Disodium disuccinate astaxanthin has potent cardioprotective effects in animals, with demonstrated preclinical efficacy in the rat, rabbit, and canine models of experimental
infarction. It has been effective in subchronic and acute dosing regimens after parenteral administration, and recently published data in rats demonstrate that oral cardioprotection is also readily achieved. Myocardial salvage in the canine can reach 100% with a 4-day subchronic dosing regimen; single-dose I.V. cardioprotection, when given 2 hours before experimental
coronary occlusion, is on average two-thirds of that achieved with the subchronic regimen in dogs. In conscious animals, no effects on hemodynamic parameters have been observed. Recently, the beneficial properties of this prototypical
astaxanthin conjugate have been extended to include second- and third-generation compounds with improved pharmacokinetic and/or potency profiles. The primary mechanism of cardioprotection appears to be
antioxidant activity: potent direct scavenging of the lynchpin radical in
ischemia-reperfusion injury,
superoxide anion, has been documented in appropriate model systems. In addition, modulation of serum
complement activity, reduction of the levels of deposition of
C-reactive protein (CRP) and the
membrane attack complex (MAC) in infarcted tissue, and reduction in oxidative stress markers from the
arachidonic acid and
linoleic acid pathways also suggest a significant anti-inflammatory component to the mechanism of cardioprotection. Favorable
plasma protein binding has been demonstrated in vitro for several
astaxanthin conjugates; this binding capacity overcomes the supramolecular assembly of the compounds that occurs in aqueous
solution, which in itself improves the stability and shelf-life of aqueous formulations.

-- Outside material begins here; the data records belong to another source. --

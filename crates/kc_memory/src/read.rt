// Reading a whole number, bit by bit.
ghost use Rattle.std.specs.Prelude.{◌≡◌, ◌+◌, ◌*◌, ◌<◌, ◌≤◌, ◌^◌, pos, ◌-ℤ◌, ◌≤ℤ◌, ◌<ℤ◌, Some, IfOk, IfSome};
ghost use Rattle.kc_memory.specs.Bits.{bits as bits_of, bits_from, first_bit, in_one, in_two, next_word, number_of, word_of, InBits, StopsIn, StepsWithin};
ghost use Rattle.kc_memory.specs.Space.{AnswersAs};
ghost use Rattle.kc_memory.specs.Stays.{CountsFaults, SpaceStays};

use crate::place::place_of;
use crate::scalar::Scalar;
use crate::space::{Space, Stop};
use crate::words::VWord;
use kc_word::{Bits, Steps};
use std::sync::ledger::Ledger;

/// The whole number of these bits, counted from the byte at virtual address `at`. Addresses wrap at 2^64. It
/// reads the word of the first bit, and the word after that one only where the number reaches into it. It takes
/// no memory.
///
/// # Errors
///
/// The first of the two words that can't be read, with the reason. The second isn't asked after that.
pub fn read_bits<S: Space, L: Ledger>(
    space: &mut S,
    at: u64,
    bits: Bits,
    steps: &mut Steps<L>,
) -> Result<Scalar, Stop>
    ensures exact { AnswersAs (λ image. bits_of image at bits.bit bits.width bits.signed) (S.image space.old) result }
    ensures first { IfOk result (λ s. s.first.va ≡ Some (word_of (first_bit at bits.bit))) }
    ensures second { IfOk result (λ s. IfSome s.second (λ p. p.va ≡ Some (next_word (word_of (first_bit at bits.bit))))) }
    ensures range { IfOk result (λ s. InBits bits.signed 64 s.value) }
    ensures stopped { StopsIn result (word_of (first_bit at bits.bit)) }
    ensures steps { steps.new ≤ steps.old + 2 * S.most space.old }
    ensures one_word { StepsWithin result (word_of (first_bit at bits.bit)) (S.most space.old) steps.old steps.new }

    ensures stays { SpaceStays S.image S.files S.through S.most space.old space.new }
    ensures cause { CountsFaults result (S.faults space.old) (S.faults space.new) }
{
    let first = first_bit(at, bits.bit);
    let va = word_of(first);
    let from = (first % 64) as u8;
    let low = space.word(va, steps)?;
    if from + bits.width <= 64 {
        return Ok(in_one(from, &bits, &low));
    }
    let high = space.word(next_word(va), steps)?;
    Ok(in_two(from, &bits, &low, &high))
}

// The number of the first bit.
fn first_bit(at: u64, bit: u64) -> u128
    ensures value { result ≡ first_bit at bit }
    ensures within { result < 2 ^ 67 }
{
    (u128::from(at) * 8 + u128::from(bit)) % (1 << 67)
}

// The address of the word that holds a bit.
fn word_of(n: u128) -> u64
    requires { n < 2 ^ 67 }
    ensures { result ≡ word_of n }
{
    (n / 64 * 8) as u64
}

// The address of the word after a word.
fn next_word(va: u64) -> u64
    ensures { result ≡ next_word va }
{
    va.wrapping_add(8)
}

// So many bits of a number, from one on.
fn bits_from(from: u8, width: u8, n: u128) -> u128
    requires from { from < 64 }
    requires width { width ≤ 64 }
    ensures value { result ≡ bits_from from width n }
    ensures within { result < 2 ^ width }
{
    (n >> from) % (1 << width)
}

// The number of a pattern of bits.
fn number_of(signed: bool, width: u8, pattern: u128) -> i128
    requires some { 1 ≤ width }
    requires word { width ≤ 64 }
    requires within { pattern < 2 ^ width }
    ensures value { result ≡ number_of signed width pattern }
    ensures range { InBits signed 64 result }
    ensures least { (pos 0 -ℤ pos (2 ^ 63)) ≤ℤ result }
    ensures most { result <ℤ pos (2 ^ 64) }
{
    if signed && pattern >= 1 << (width - 1) {
        pattern as i128 - (1 << width)
    } else {
        pattern as i128
    }
}

// The number in one word.
fn in_one(from: u8, bits: &Bits, word: &VWord) -> Scalar
    requires { from < 64 }
    ensures number { result ≡ in_one from bits.now.width bits.now.signed word.now }
    ensures range { InBits bits.now.signed 64 result.value }
{
    let pattern = bits_from(from, bits.width, u128::from(word.value));
    Scalar {
        value: number_of(bits.signed, bits.width, pattern),
        first: place_of(word),
        second: None,
    }
}

// The number in two words.
fn in_two(from: u8, bits: &Bits, low: &VWord, high: &VWord) -> Scalar
    requires { from < 64 }
    ensures number { result ≡ in_two from bits.now.width bits.now.signed low.now high.now }
    ensures range { InBits bits.now.signed 64 result.value }
{
    let both = u128::from(low.value) + (u128::from(high.value) << 64);
    let pattern = bits_from(from, bits.width, both);
    Scalar {
        value: number_of(bits.signed, bits.width, pattern),
        first: place_of(low),
        second: Some(place_of(high)),
    }
}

Astaxanthin readily populates cardiac tissue after metabolic hydrolysis of both oral and parenteral administration of the
astaxanthin ester derivates, providing a reservoir of
cardioprotective agent with a significant half-life due to favorable ADME in mammals. Due to the well-documented safety profile of
astaxanthin in humans,
disodium disuccinate astaxanthin may well find clinical utility in cardiovascular applications in humans following successful completion of preclinical and clinical pharmacology and toxicology studies in animals and humans, respectively.